Lowland or highland, far or near,

Lord Angus, thou hast lied!

And now, Mr. President, permit me to say that Senators can no more realize my regret than they can measure my amazement that my colleague should have felt it incumbent upon him to join the assaulting column in this Chamber. He first introduces the consideration of my political consistency, and he next introduces me, with the eighty-odd thousand of his fellow-citizens who sent me here, to this honorable body as a repudiator of public obligations. The sense of justice of fellow Senators renders it unnecessary for me to apologize for noticing my colleague’s criticisms on the one hand and his perversions on the other. However much he and his friends may endeavor, by the chop-logic of the attorney, to demonstrate what I ought to be, I know by my convictions and by my sense of duty what I am. In this particular I have largely the advantage of my colleague; for if I take him by his record, diminutive as it is, he neither knows what he was, what he is, or what duty he came here to perform. A very brief recital of Virginia political history, covering but a decade, will give a clear view of the Virginia situation as it is represented on this floor. My colleague gave the first page, and then, like the lazy, truant school-boy, skipped many pages, or, like the shifty lawyer, read only so much of the authority as suited his case. I am duly grateful to him for the small meed of praise he would deal out to me for the humble part I bore in the great liberal movement of 1869, which was undertaken to return our State to her normal condition in the Union.

I am the more grateful because the organs of the faction he represents here have recently published columns to prove that I was breathed into political existence subsequently to that momentous period. Not being sworn, my colleague thought it was sufficient for him to tell the truth without the usual obligation to tell the whole truth.

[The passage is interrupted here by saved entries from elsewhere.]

//! The envelope of one place, and the cells that keep one each.
ghost use Rattle.std.specs.Prelude.{◌≡◌, ◌≢◌, ℕ, ◌<◌, ◌≤◌, ◌≤ℤ◌, ◌<ℤ◌, true, false, Option, Some};
ghost use Rattle.std.specs.Prelude.{None, length, replicate, slice_index_or, IfOk, ◌+◌, ◌⊎◌, pos};
ghost use Rattle.case_model.specs.Runs.{calm_at, calm_point};
ghost use Rattle.case_model.specs.Samples.{Sample as Taken};
ghost use Rattle.envelope.specs.Calm.{ArePlain, IsEarly, IsJoined, IsPlain, IsReady, Joins};
ghost use Rattle.envelope.specs.Extremes.{AgreeAlong, either, unmet, HasExtreme};

use crate::Sample;
use crate::peaks::{Peak, greater, is_over, is_under, lesser};
use case_model::Spot;
use std::alloc::{AllocError, Global};

/// The envelope of a place up to a step: each number with the first step at which it stands.
#[derive(Clone, Copy, Debug, PartialEq, Eq)]
pub struct Extreme {
    /// The greatest head, in 1e-6 m.
    pub max: i64,
    /// The first step at which the greatest head stands.
    pub max_step: u64,
    /// The least head, in 1e-6 m.
    pub min: i64,
    /// The first step at which the least head stands.
    pub min_step: u64,
    /// The greatest volume, in 1e-9 m3.
    pub volume: i64,
    /// The first step at which the greatest volume stands.
    pub volume_step: u64,
}

impl Extreme {
    /// The extreme of a place of which nothing is taken: its greatest head is below its least, and its
    /// volume below 0.
    pub(crate) fn unmet() -> Extreme
        ensures value { result ≡ unmet }
    {
        Extreme {
            max: -1,
            max_step: 0,
            min: 0,
            min_step: 0,
            volume: -1,
            volume_step: 0,
        }
    }

    /// The extreme of a place of which one sample is taken, of a head and a volume.
    pub(crate) fn of_one(step: u64, h: i64, v: i64) -> Extreme
        ensures plain { pos 0 ≤ℤ v → IsPlain step result }
        ensures taken { (x : Taken) (f : ℕ → Option Taken) (last : ℕ) → x.h ≡ h → x.v ≡ v →
            step ≤ last → f step ≡ Some x → ((s : ℕ) → s ≢ step → f s ≡ None) →
            HasExtreme f last result }
    {
        Extreme {
            max: h,
            max_step: step,
            min: h,
            min_step: step,
            volume: v,
            volume_step: step,
        }
    }

    /// The extreme of a place of which is taken what these two stand for.
    pub(crate) fn joined(&self, other: &Extreme) -> Extreme
        ensures plain { (step : ℕ) → IsPlain step self.now → IsPlain step other.now →
            IsPlain step result }
        ensures taken { (f g : ℕ → Option Taken) (last : ℕ) → AgreeAlong f g →
            HasExtreme f last self.now → HasExtreme g last other.now →
            HasExtreme (either f g) last result }
    {
        if other.is_unmet() {
            return *self;
        }
        if self.is_unmet() {
            return *other;
        }
        let max = greater(self.highest(), other.highest());
        let min = lesser(self.lowest(), other.lowest());
        let volume = greater(self.fullest(), other.fullest());
        Extreme {
            max: max.value,
            max_step: max.step,
            min: min.value,
            min_step: min.step,
            volume: volume.value,
            volume_step: volume.step,
        }
    }

    /// Whether what another stands for changes nothing here.
    fn covers(&self, other: &Extreme) -> bool
        ensures { result ≡ true → (f g : ℕ → Option Taken) (last : ℕ) → AgreeAlong f g →
            HasExtreme f last self.now → HasExtreme g last other.now →
            HasExtreme (either f g) last self.now }
    {
        if other.is_unmet() {
            return false;
        }
        if !is_over(self.highest(), other.highest()) {
            return false;
        }
        if !is_under(self.lowest(), other.lowest()) {
            return false;
        }
        is_over(self.fullest(), other.fullest())
    }

    // Whether no extreme stands first at a later step.
    fn is_early(&self, step: u64) -> bool
        ensures { result ≡ true → IsEarly step self.now }
    {
        self.max_step <= step && self.min_step <= step && self.volume_step <= step
    }

    // Whether the greatest volume is at least this, and no extreme stands first at a later step.
    fn is_over(&self, step: u64, v: i64) -> bool
        ensures full { result ≡ true → v ≤ℤ self.now.volume }
        ensures early { result ≡ true → IsEarly step self.now }
    {
        v <= self.volume && self.is_early(step)
    }

    fn is_unmet(&self) -> bool
        ensures unmet { result ≡ true → self.now.max <ℤ self.now.min }
        ensures met { result ≡ false → self.now.min ≤ℤ self.now.max }
    {
        self.max < self.min
    }

    fn highest(&self) -> Peak
        ensures value { result.value ≡ self.now.max }
        ensures step { result.step ≡ self.now.max_step }
    {
        Peak {
            value: self.max,
            step: self.max_step,
        }
    }

    fn lowest(&self) -> Peak
        ensures value { result.value ≡ self.now.min }
        ensures step { result.step ≡ self.now.min_step }
    {
        Peak {
            value: self.min,
            step: self.min_step,
        }
    }

    fn fullest(&self) -> Peak
        ensures value { result.value ≡ self.now.volume }
        ensures step { result.step ≡ self.now.volume_step }
    {
        Peak {
            value: self.volume,
            step: self.volume_step,
        }
    }
}

/// As many cells of places of which nothing is taken.
pub(crate) fn blank_cells(alloc: Global, count: usize) -> Result<Vec<Extreme>, AllocError>
    ensures { IfOk result (λ cells. cells.items ≡ replicate count unmet) }
{
    vec![in alloc; Extreme::unmet(); count]
}

/// Joins what another extreme stands for to that of a cell. Mostly nothing changes, and nothing is
/// written.
pub(crate) fn join_cell(cells: &mut Vec<Extreme>, cell: usize, other: &Extreme)
    requires { cell < length cells.old.items }
    ensures here { (f g : ℕ → Option Taken) (last : ℕ) → AgreeAlong f g →
        HasExtreme f last (slice_index_or cells.old.items cell unmet) →
        HasExtreme g last other.now →
        HasExtreme (either f g) last (slice_index_or cells.new.items cell unmet) }
    ensures others { (c : ℕ) → c ≢ cell →
        slice_index_or cells.new.items c unmet ≡ slice_index_or cells.old.items c unmet }
    ensures count { length cells.new.items ≡ length cells.old.items }
    ensures plain { (step : ℕ) → ArePlain step cells.old.items → IsPlain step other.now →
        ArePlain step cells.new.items }
{
    if !cells[cell].covers(other) {
        cells[cell] = cells[cell].joined(other);
    }
}

/// Joins a sample taken at a step to a cell. If `late`, no extreme of any cell stands first at a
/// later one. Mostly nothing changes, and nothing is written.
#[inline(always)]
pub(crate) fn join_sample(
    cells: &mut Vec<Extreme>,
    cell: usize,
    late: bool,
    step: u64,
    sample: &Sample,
)
    requires there { cell < length cells.old.items }
    requires late { late ≡ true → ArePlain step cells.old.items }
    ensures here { (f g : ℕ → Option Taken) (last : ℕ) → step ≤ last → AgreeAlong f g →
        g step ≡ Some
        (record { h = sample.now.h; qu = sample.now.qu; qd = sample.now.qd; v = sample.now.v }) →
        ((s : ℕ) → s ≢ step → g s ≡ None) →
        HasExtreme f last (slice_index_or cells.old.items cell unmet) →
        HasExtreme (either f g) last (slice_index_or cells.new.items cell unmet) }
    ensures others { (c : ℕ) → c ≢ cell →
        slice_index_or cells.new.items c unmet ≡ slice_index_or cells.old.items c unmet }
    ensures count { length cells.new.items ≡ length cells.old.items }
    ensures plain { (last : ℕ) → step ≤ last → pos 0 ≤ℤ sample.now.v →
        ArePlain last cells.old.items → ArePlain last cells.new.items }
{
    join_taken(&mut cells[cell], late, step, sample.h, sample.v);
}

// The head and the volume of a sample.
#[inline(always)]
fn join_taken(cell: &mut Extreme, late: bool, step: u64, h: i64, v: i64)
    requires { late ≡ true → IsPlain step cell.old }
    ensures { IsJoined step h v cell.old cell.new }
{
    if late && v <= cell.volume {
        join_head::<true>(cell, step, h, v);
    } else {
        join_head::<false>(cell, step, h, v);
    }
}

/// Joins points without a cavity, taken at one step, to the cells from `first` on. If `late`, no
/// extreme of any cell stands first at a later one. Mostly nothing changes, and nothing is written.
#[inline(always)]
pub(crate) fn join_spots(cells: &mut [Extreme], late: bool, first: usize, step: u64, spots: &[Spot])
    requires room { first + length spots.now ≤ length cells.old }
    requires late { late ≡ true → ArePlain step cells.old }
    ensures here { (i : ℕ) → i < length spots.now →
        Joins (slice_index_or cells.old (first + i) unmet)
        (slice_index_or cells.new (first + i) unmet) step (calm_at spots.now i) }
    ensures others { (c : ℕ) → (c < first) ⊎ (first + length spots.now ≤ c) →
        slice_index_or cells.new c unmet ≡ slice_index_or cells.old c unmet }
    ensures count { length cells.new ≡ length cells.old }
    ensures plain { (last : ℕ) → step ≤ last → ArePlain last cells.old → ArePlain last cells.new }
{
    if late {
        join_each::<true>(cells, first, step, spots);
    } else {
        join_each::<false>(cells, first, step, spots);
    }
}

#[inline(always)]
fn join_each<const LATE: bool>(cells: &mut [Extreme], first: usize, step: u64, spots: &[Spot])
    requires room { first + length spots.now ≤ length cells.old }
    requires late { LATE ≡ true → ArePlain step cells.old }
    ensures here { (i : ℕ) → i < length spots.now →
        Joins (slice_index_or cells.old (first + i) unmet)
        (slice_index_or cells.new (first + i) unmet) step (calm_at spots.now i) }
    ensures others { (c : ℕ) → (c < first) ⊎ (first + length spots.now ≤ c) →
        slice_index_or cells.new c unmet ≡ slice_index_or cells.old c unmet }
    ensures count { length cells.new ≡ length cells.old }
    ensures plain { (last : ℕ) → step ≤ last → ArePlain last cells.old → ArePlain last cells.new }
{
    for (i, spot) in spots.iter().enumerate() {
        join_spot::<LATE>(cells, first + i, step, spot);
    }
}

#[inline(always)]
fn join_spot<const LATE: bool>(cells: &mut [Extreme], cell: usize, step: u64, spot: &Spot)
    requires there { cell < length cells.old }
    requires late { LATE ≡ true → ArePlain step cells.old }
    ensures here { Joins (slice_index_or cells.old cell unmet) (slice_index_or cells.new cell unmet)
        step (calm_point spot.now) }
    ensures others { (c : ℕ) → c ≢ cell →
        slice_index_or cells.new c unmet ≡ slice_index_or cells.old c unmet }
    ensures count { length cells.new ≡ length cells.old }
    ensures plain { (last : ℕ) → step ≤ last → ArePlain last cells.old → ArePlain last cells.new }
{
    join_head::<LATE>(&mut cells[cell], step, spot.h, 0);
}

// Joins a head and a volume, taken at a step, to a cell; if `LATE`, no extreme of it stands first at
// a later one, and the volume is no greater than its greatest.
#[inline(always)]
fn join_head<const LATE: bool>(cell: &mut Extreme, step: u64, h: i64, v: i64)
    requires { LATE ≡ true → IsReady step v cell.old }
    ensures { IsJoined step h v cell.old cell.new }
{
    if h < cell.min {
        lower::<LATE>(cell, step, h, v);
    } else if cell.max < h {
        raise::<LATE>(cell, step, h, v);
    } else if !(LATE || cell.is_over(step, v)) {
        join_new(cell, step, h, v);
    }
}

// As `join_head`, of a head below the least.
#[inline(always)]
fn lower<const LATE: bool>(cell: &mut Extreme, step: u64, h: i64, v: i64)
    requires under { h <ℤ cell.old.min }
    requires late { LATE ≡ true → IsReady step v cell.old }
    ensures { IsJoined step h v cell.old cell.new }
{
    if LATE && 0 <= cell.volume {
        cell.min = h;
        cell.min_step = step;
    } else {
        join_new(cell, step, h, v);
    }
}

// As `join_head`, of a head over the greatest.
#[inline(always)]
fn raise<const LATE: bool>(cell: &mut Extreme, step: u64, h: i64, v: i64)
    requires over { cell.old.max <ℤ h }
    requires late { LATE ≡ true → IsReady step v cell.old }
    ensures { IsJoined step h v cell.old cell.new }
{
    if LATE && 0 <= cell.volume {
        cell.max = h;
        cell.max_step = step;
    } else {
        join_new(cell, step, h, v);
    }
}

// As `join_head`, whatever the cell has.
#[cold]
#[inline(never)]
fn join_new(cell: &mut Extreme, step: u64, h: i64, v: i64)
    ensures { IsJoined step h v cell.old cell.new }
{
    *cell = cell.joined(&Extreme::of_one(step, h, v));
}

It is now my privilege, as well as duty, to supply all deficiencies. The views I entertained then I still adhere to, and though, as far as my information goes, we had no material assistance from him in that severe and trying ordeal of 1869, I do know that after his election to this body he confessed himself in entire accord with all that had been done by Virginia as a condition precedent to her restoration, and with the zeal of a new convert expressed the hope that other States of the Union without the same propelling cause should do likewise. In a letter addressed to the then governor of Virginia (Walker) he wrote as follows:

JOHNSTON TO GOVERNOR WALKER IN 1869.

Believing fully not only that we in Virginia could not prosper, but that our continued exclusion from the Union interfered with the business of the whole country, I have been anxious for an early compliance with the reconstruction laws, and that the State should itself inaugurate some movement similar to that which resulted in your election for the purpose, and not wait, like Micawber, “for something to turn up.”


The fifteenth amendment, which I trust will soon be adopted by States enough to make it a part of the Constitution of the United States, will end a question which has agitated the country for half a century. I entirely approve of the principles of that amendment, and as we have invested the freedman with the right to vote, let us give him a fair opportunity to vote understandingly. He has civil rights, and it is our interest he should know their value.